● Exercise objective:
Scan the records for the word "these". Return each line where it is found.

-- Supplied material follows --

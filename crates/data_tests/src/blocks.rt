//! How much memory a block keeps.

use radio_blocks::{Block, MAX_BLOCK, OutOfMemory};
use std::alloc::Global;

/// How many bytes of memory a block keeps. It must be the only one that shares them.
fn memory_of(block: Block) -> usize {
    let Ok(bytes) = block.into_bytes().try_into_mut() else {
        return usize::MAX;
    };
    match bytes.into_vec() {
        Ok(vec) => vec.capacity(),
        Err(_) => usize::MAX,
    }
}

/// Returns how much memory a block keeps that was made of these bytes, in a vector of this capacity.
fn memory_of_made(alloc: Global, bytes: &[u8], room: usize) -> Result<usize, OutOfMemory> {
    let mut loose = Vec::with_capacity(alloc, room)?;
    loose.extend_from_slice(bytes)?;
    if loose.is_empty() || loose.len() > MAX_BLOCK {
        return Ok(0);
    }
    Ok(memory_of(Block::of_vec(alloc, loose)?))
}

/// The memory of a block that is a copy of these bytes.
fn memory_of_copied(alloc: Global, bytes: &[u8]) -> Result<usize, OutOfMemory> {
    if bytes.is_empty() || bytes.len() > MAX_BLOCK {
        return Ok(0);
    }
    Ok(memory_of(Block::copied(alloc, bytes)?))
}

/// Bytes, the capacity of their vector, and how much memory a block keeps that was made of it.
const MADE: &[(&[u8], usize, usize)] = &[(b"a", 4096, 1), (b"abcd", 8, 8), (b"abcd", 9, 4)];

// no contract of std or of `bytes` says how much memory bytes keep
// rule: Cut into blocks
#[test]
fn blocks_keep_little_room(rt: HostRuntime) {
    for (bytes, room, memory) in MADE {
        assert!(rt; memory_of_made(rt.alloc(), bytes, *room) == Ok(*memory));
    }
    assert!(rt; memory_of_copied(rt.alloc(), b"abcdef") == Ok(6));
}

-- Supplied material concluded --

● Answer to this task:
/// Returns how much memory a block keeps that was made of these bytes, in a vector of this capacity.
/// The memory of a block that is a copy of these bytes.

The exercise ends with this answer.